MATERIAL SUPPLIED Block Start

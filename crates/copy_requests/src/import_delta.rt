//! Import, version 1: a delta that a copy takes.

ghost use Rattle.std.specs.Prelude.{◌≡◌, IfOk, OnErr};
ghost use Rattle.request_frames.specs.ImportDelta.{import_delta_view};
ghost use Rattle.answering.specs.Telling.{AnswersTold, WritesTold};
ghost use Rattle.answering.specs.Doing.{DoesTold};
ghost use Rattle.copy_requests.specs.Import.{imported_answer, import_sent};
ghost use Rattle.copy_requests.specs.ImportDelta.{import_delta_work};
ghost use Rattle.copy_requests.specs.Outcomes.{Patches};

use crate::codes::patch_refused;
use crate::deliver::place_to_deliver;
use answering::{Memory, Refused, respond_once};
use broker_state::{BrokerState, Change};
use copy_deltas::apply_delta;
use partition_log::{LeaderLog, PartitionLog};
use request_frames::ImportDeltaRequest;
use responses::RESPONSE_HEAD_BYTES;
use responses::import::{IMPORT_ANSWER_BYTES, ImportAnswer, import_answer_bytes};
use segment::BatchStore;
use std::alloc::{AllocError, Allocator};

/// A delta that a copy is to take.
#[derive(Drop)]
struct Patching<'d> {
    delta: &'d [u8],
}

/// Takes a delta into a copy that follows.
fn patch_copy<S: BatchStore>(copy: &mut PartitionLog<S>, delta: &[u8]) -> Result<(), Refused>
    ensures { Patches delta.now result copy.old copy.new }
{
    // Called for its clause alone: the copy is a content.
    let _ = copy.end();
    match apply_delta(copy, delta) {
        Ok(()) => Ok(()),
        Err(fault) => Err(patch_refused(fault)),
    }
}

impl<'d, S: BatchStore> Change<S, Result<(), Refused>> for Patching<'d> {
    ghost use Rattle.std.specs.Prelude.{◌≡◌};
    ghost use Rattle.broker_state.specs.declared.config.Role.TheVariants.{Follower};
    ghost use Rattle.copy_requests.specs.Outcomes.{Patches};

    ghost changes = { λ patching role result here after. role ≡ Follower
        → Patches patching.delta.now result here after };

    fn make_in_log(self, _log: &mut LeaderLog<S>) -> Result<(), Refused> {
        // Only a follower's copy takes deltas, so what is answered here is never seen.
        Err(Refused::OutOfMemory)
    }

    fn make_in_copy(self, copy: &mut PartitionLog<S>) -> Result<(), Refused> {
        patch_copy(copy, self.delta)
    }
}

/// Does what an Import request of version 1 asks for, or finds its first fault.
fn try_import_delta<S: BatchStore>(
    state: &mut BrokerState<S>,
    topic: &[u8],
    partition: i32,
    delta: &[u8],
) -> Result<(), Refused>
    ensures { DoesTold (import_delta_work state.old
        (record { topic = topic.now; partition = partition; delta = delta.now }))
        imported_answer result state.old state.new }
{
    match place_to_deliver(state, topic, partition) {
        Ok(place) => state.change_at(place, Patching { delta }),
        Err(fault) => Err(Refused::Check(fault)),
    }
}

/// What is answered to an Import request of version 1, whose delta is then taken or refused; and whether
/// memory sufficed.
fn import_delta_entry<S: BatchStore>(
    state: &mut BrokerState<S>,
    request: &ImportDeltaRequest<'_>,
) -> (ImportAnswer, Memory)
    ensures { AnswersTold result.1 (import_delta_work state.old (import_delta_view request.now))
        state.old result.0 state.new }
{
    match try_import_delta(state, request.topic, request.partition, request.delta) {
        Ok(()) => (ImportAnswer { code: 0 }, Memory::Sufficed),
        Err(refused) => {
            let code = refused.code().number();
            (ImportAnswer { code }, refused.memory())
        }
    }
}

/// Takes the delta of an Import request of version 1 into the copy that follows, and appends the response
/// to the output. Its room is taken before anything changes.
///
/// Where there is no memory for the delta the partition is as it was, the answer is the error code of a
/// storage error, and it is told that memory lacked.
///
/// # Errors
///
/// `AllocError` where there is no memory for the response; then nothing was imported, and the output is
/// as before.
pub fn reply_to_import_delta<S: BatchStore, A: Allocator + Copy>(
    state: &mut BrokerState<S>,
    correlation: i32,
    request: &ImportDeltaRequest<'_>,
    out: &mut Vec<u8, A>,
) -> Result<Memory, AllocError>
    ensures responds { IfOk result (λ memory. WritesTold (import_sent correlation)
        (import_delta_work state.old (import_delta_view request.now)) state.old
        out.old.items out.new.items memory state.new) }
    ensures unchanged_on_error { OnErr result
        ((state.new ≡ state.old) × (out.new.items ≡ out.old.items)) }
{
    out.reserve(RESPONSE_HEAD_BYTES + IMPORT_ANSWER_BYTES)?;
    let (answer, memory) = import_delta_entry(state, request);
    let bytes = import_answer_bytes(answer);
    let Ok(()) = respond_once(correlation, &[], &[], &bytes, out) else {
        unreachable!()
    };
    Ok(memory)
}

MATERIAL SUPPLIED Block End
MATERIAL SUPPLIED Block Start

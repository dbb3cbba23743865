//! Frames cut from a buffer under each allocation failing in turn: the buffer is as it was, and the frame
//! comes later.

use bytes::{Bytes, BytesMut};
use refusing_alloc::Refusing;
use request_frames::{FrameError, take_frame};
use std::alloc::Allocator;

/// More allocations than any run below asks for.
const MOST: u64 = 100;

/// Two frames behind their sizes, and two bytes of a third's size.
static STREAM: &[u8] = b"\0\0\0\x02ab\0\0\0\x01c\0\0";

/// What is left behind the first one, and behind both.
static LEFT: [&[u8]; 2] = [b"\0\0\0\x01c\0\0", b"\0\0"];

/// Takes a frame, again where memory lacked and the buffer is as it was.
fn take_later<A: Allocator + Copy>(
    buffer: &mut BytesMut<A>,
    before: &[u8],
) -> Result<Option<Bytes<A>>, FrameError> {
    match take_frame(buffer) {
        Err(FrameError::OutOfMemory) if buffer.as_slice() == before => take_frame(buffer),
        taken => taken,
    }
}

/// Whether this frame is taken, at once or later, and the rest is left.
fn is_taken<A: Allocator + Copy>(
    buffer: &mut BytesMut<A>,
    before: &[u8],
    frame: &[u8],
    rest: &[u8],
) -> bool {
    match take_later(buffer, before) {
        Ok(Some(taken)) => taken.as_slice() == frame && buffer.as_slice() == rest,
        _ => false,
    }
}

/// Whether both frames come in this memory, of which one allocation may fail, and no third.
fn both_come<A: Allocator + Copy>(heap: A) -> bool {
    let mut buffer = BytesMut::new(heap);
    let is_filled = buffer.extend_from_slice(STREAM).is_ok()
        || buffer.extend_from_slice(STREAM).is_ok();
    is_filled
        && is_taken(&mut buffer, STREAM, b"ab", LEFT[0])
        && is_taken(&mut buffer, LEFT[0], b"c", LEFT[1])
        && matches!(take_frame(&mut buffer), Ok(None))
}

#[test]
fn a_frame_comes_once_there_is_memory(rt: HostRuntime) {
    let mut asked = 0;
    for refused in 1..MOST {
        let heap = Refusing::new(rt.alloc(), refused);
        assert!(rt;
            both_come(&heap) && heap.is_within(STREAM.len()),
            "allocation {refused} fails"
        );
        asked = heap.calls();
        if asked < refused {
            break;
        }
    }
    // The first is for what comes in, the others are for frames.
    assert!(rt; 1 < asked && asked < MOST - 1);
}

MATERIAL SUPPLIED Block End
MATERIAL SUPPLIED Block Start

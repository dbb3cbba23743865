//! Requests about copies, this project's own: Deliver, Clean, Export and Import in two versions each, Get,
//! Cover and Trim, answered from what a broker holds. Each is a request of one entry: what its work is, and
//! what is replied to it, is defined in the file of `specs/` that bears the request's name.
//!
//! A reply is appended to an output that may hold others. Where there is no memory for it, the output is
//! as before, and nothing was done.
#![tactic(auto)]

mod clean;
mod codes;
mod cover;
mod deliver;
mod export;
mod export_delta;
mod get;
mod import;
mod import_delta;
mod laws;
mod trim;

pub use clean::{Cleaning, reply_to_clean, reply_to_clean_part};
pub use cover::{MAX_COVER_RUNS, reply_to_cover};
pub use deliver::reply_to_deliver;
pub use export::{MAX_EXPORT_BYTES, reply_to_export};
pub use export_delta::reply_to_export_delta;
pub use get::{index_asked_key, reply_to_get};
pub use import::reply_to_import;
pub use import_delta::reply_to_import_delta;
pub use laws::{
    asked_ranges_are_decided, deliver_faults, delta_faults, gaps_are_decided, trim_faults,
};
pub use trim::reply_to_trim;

MATERIAL SUPPLIED Block End

Extract the lines of the preceding material that run from the line with "Patches patching.delta.now result" through the line with "its first fault.", inclusive, reproducing them exactly and adding nothing.

■ **RESPONSE FOR THIS EXERCISE**
        → Patches patching.delta.now result here after };

    fn make_in_log(self, _log: &mut LeaderLog<S>) -> Result<(), Refused> {
        // Only a follower's copy takes deltas, so what is answered here is never seen.
        Err(Refused::OutOfMemory)
    }

    fn make_in_copy(self, copy: &mut PartitionLog<S>) -> Result<(), Refused> {
        patch_copy(copy, self.delta)
    }
}

/// Does what an Import request of version 1 asks for, or finds its first fault.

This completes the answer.